Calculate the pH when 75.20 mL of 0.114 M HCl is titrated with 0 ml of 0.108 M NaOH
The pH at what point?
it doesn't say. That's all that is asked.
Frankly I don't know what it's asking unless by titration they mean the HCl has been exactly neutralized. If that is the case, then the pH will be 7.0 because the salt produced is NaCl and neither the cation nor the anion is hydrolyzed.

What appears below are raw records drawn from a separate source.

//! The waiting commands of a region.

ghost use Rattle.std.specs.Prelude.{◌≡◌, [], ◌∷◌, ◌++◌, false, length, OnOk, OnErr};
ghost use Rattle.std.specs.Prelude.{◌-◌, Some, IfSome, IfNone, slice_get};
ghost use Rattle.std.specs.Option.{option_copied};
ghost use Rattle.std.specs.Map.Iter.{ShowsInOrder, deref};
ghost use Rattle.cics_dispatch.specs.Machine.Machine.{is_waiting, not_waiting};
ghost use Rattle.cics_dispatch.specs.Machine.Waits.{wait_of, AreBelow, AreApart};

use cics_names::{Command, Name8, NoMemory};
use cics_units::Op;
use indexmap::IndexMap;
use std::alloc::Global;
use std::collections::BTreeMap;
use std::collections::btree_map::Values;
use std::marker::Model;

// The parts of a waiting command.
#[derive(Drop)]
struct Wait {
    label: Name8,
    command: Command,
    op: Option<Op>,
    since: u64,
}

/// A waiting command. Boxed, since a wait that begins or ends moves others in the tree.
pub struct Suspended {
    wait: Box<Wait>,
}

// By hand: so each place that drops a wait is one call, not a drop of the box and its fields.
impl Drop for Suspended {
    fn drop(self) {
        let Suspended { wait: _wait } = self;
    }
}

impl Model for Suspended {
    ghost use Rattle.cics_dispatch.specs.Machine.Machine.{Suspended as SuspendedValue};

    ghost Value = { SuspendedValue };

    ghost view = { λ w. record {
      label = w.wait.value.label;
      command = w.wait.value.command;
      op = w.wait.value.op;
      since = w.wait.value.since;
    } };
}

impl Suspended {
    /// Returns the label of its task.
    pub fn label(&self) -> Name8
        ensures { result ≡ self.now.label }
    {
        self.wait.label
    }

    /// Returns the whole command.
    pub fn command(&self) -> &Command
        ensures { result.now ≡ self.now.command }
    {
        &self.wait.command
    }

    /// Returns the updating command that it asks for. `None` for an ENQ, which asks for none.
    pub fn op(&self) -> Option<&Op>
        ensures { option_copied result ≡ self.now.op }
    {
        self.wait.op.as_ref()
    }

    /// Returns the clock when the wait began, in seconds.
    pub fn since(&self) -> u64
        ensures { result ≡ self.now.since }
    {
        self.wait.since
    }
}

/// The waiting commands, in the order in which the waits began. A task has at most one.
///
/// Cost: O(log waits) to find the wait of a label, to add one, and to remove one.
pub struct Waits {
    // Each wait under a number that is above those of the waits that began before.
    rows: BTreeMap<u64, Suspended>,
    // The number of each label's wait.
    numbers: IndexMap<Name8, u64>,
}

// By hand: so each place that drops waits is one call, not a drop of each field.
impl Drop for Waits {
    fn drop(self) {
        let Waits {
            rows: _rows,
            numbers: _numbers,
        } = self;
    }
}

impl Model for Waits {
    ghost use Rattle.std.specs.Prelude.{List};
    ghost use Rattle.std.specs.Map.{values_of};
    ghost use Rattle.cics_dispatch.specs.Machine.Machine.{Suspended as SuspendedValue};
    ghost use Rattle.cics_dispatch.specs.Machine.Waits.{AreNumbered};

    ghost Value = { List SuspendedValue };

    ghost view = { λ w. values_of w.rows.entries };

    ghost invariant = { λ w. AreNumbered w.rows.entries w.numbers.entries };
}

// Returns a number above those of all waits. None if the greatest of them is u64::MAX.
fn next_number(rows: &BTreeMap<u64, Suspended>) -> Option<u64>
    ensures { IfSome result (λ n. AreBelow n rows.now.entries) }
{
    match rows.last_key_value() {
        Some((last, _)) if *last < u64::MAX => Some(*last + 1),
        Some(_) => None,
        None => Some(0),
    }
}

// Adds a wait, last of all, under a number above those of all waits.
fn add(
    rows: &mut BTreeMap<u64, Suspended>,
    number: u64,
    suspended: Suspended,
) -> Result<(), NoMemory>
    requires { AreBelow number rows.old.entries }
    ensures ok { OnOk result (rows.new.entries ≡ rows.old.entries ++ (number, suspended) ∷ []) }
    ensures err { OnErr result (rows.new.entries ≡ rows.old.entries) }
{
    rows.insert(number, suspended)?;
    Ok(())
}

impl Waits {
    /// Returns no waits. `alloc` gives the memory for those to come.
    pub fn new(alloc: Global) -> Waits
        ensures { result ≡ [] }
    {
        Waits {
            rows: BTreeMap::new(alloc),
            numbers: IndexMap::new(alloc),
        }
    }

    /// Returns how many commands wait.
    pub fn len(&self) -> usize
        ensures count { result ≡ length self.now }
        ensures once { AreApart self.now }
    {
        self.rows.len()
    }

    /// Returns the wait of a label's task, if a command of it waits.
    pub fn get(&self, label: &Name8) -> Option<&Suspended>
        ensures wait { option_copied result ≡ wait_of self.now label.now }
        ensures once { AreApart self.now }
    {
        // Mostly none waits: then no label is looked up.
        if self.rows.len() == 0 {
            return None;
        }
        let number = self.numbers.get(label)?;
        self.rows.get(number)
    }

    /// Returns whether a command of a label's task waits.
    pub fn is_waiting(&self, label: &Name8) -> bool
        ensures waiting { result ≡ is_waiting self.now label.now }
        ensures once { AreApart self.now }
    {
        // Mostly none waits: then no label is looked up.
        if self.rows.len() == 0 {
            return false;
        }
        self.numbers.contains_key(label)
    }

    /// Returns the waits, in the order in which they began.
    pub fn iter(&self) -> Values<'_, u64, Suspended>
        ensures rest { result ≡ self.now }
        ensures runs { ShowsInOrder (deref {X = Suspended}) }
        ensures once { AreApart self.now }
    {
        self.rows.values()
    }

    /// Returns the wait that began last, if a command waits.
    pub fn last(&self) -> Option<&Suspended>
        ensures last { IfSome result (λ wait.
            slice_get self.now (length self.now - 1) ≡ Some wait.now) }
        ensures none { IfNone result (self.now ≡ []) }
        ensures once { AreApart self.now }
    {
        let (_, wait) = self.rows.last_key_value()?;
        Some(wait)
    }

    /// Adds the wait of a command, last of all. No other command of its task waits. `op` is the
    /// updating command that it asks for, `since` the clock, in seconds.
    ///
    /// Errors: `NoMemory`, also if the last wait has the number 2^64 - 1. The waits stay as they
    /// are, and the command is dropped.
    pub fn begin(
        &mut self,
        label: Name8,
        command: Command,
        op: Option<Op>,
        since: u64,
    ) -> Result<(), NoMemory>
        requires { is_waiting self.old label ≡ false }
        ensures ok { OnOk result (self.new ≡ self.old
            ++ record { label = label; command = command; op = op; since = since } ∷ []) }
        ensures err { OnErr result (self.new ≡ self.old) }
    {
        let Some(number) = next_number(&self.rows) else {
            return Err(NoMemory);
        };
        if self.numbers.reserve(1).is_err() {
            return Err(NoMemory);
        }
        let wait = Wait {
            label,
            command,
            op,
            since,
        };
        let wait = Box::new(*self.numbers.allocator(), wait)?;
        add(&mut self.rows, number, Suspended { wait })?;
        let _ = self.numbers.insert(label, number);
        Ok(())
    }

    /// Ends the wait of a label's task, if a command of it waits. Takes no memory.
    pub fn remove(&mut self, label: &Name8)
        ensures { self.new ≡ not_waiting self.old label.now }
    {
        let Some(number) = self.numbers.swap_remove(label) else {
            return;
        };
        let Some(_) = self.rows.remove(&number) else {
            unreachable!();
        };
    }
}
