//! Results of looks at waiting commands.

use cics_history::UnitId;
use cics_names::Name8;

/// What a look at a waiting command finds.
pub enum WaitLook {
    /// It may resume.
    MayGoOn,
    /// It must wait as long as this unit releases nothing.
    IsBlocked(UnitId),
}

/// A waiting command that may resume.
#[derive(Clone, Copy)]
pub struct Free {
    /// The index of its note.
    pub place: usize,
    /// The label of its task.
    pub label: Name8,
}

/// A task that has waited too long.
#[derive(Clone, Copy)]
pub struct Late {
    /// The index of the task.
    pub task: usize,
    /// The index of the note of its command. `None` if that has none.
    pub note: Option<usize>,
}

The other interpretation is that the zero mL means they want the pH of the HCl at the beginning of the titration. If that is the case you want the pH of the 0.114 M HCl. H^+ = 0.114 and pH = -log(H^+)
To calculate the pH when 75.20 mL of 0.114 M HCl is titrated with 0 mL of 0.108 M NaOH, we need to determine the concentration of the remaining acid after the titration.
Given:
- Initial volume of HCl (V1): 75.20 mL
- Concentration of HCl (C1): 0.114 M
- Volume of NaOH added (V2): 0 mL
- Concentration of NaOH (C2): 0.108 M
Step 1: Determine the number of moles of HCl initially present.
Number of moles of HCl = concentration of HCl (C1) * volume of HCl (V1)
= 0.114 M * 75.20 mL
= 8.5968 mmol
Step 2: Determine the number of moles of NaOH used.
Since no NaOH is added, the number of moles of NaOH used is 0.
Step 3: Determine the number of moles of excess HCl.
Number of moles of excess HCl = moles of HCl initially present - moles of NaOH used
= 8.5968 mmol - 0 mmol
= 8.5968 mmol
Step 4: Determine the volume of excess HCl in liters.
Volume of excess HCl = volume of HCl (V1) - volume of NaOH added (V2)
= 75.20 mL - 0 mL
= 75.20 mL (or convert to L by dividing by 1000)
= 0.07520 L
Step 5: Determine the concentration of the excess HCl in moles per liter (M).
Concentration of excess HCl = moles of excess HCl / volume of excess HCl
= 8.5968 mmol / 0.07520 L
= 114.30 M
Step 6: Calculate the pH of the excess HCl using the formula: pH = -log[H+]
pH = -log[concentration of excess HCl]
= -log(114.30)
≈ 2.94
Therefore, the pH when 75.20 mL of 0.114 M HCl is titrated with 0 mL of 0.108 M NaOH is approximately 2.94.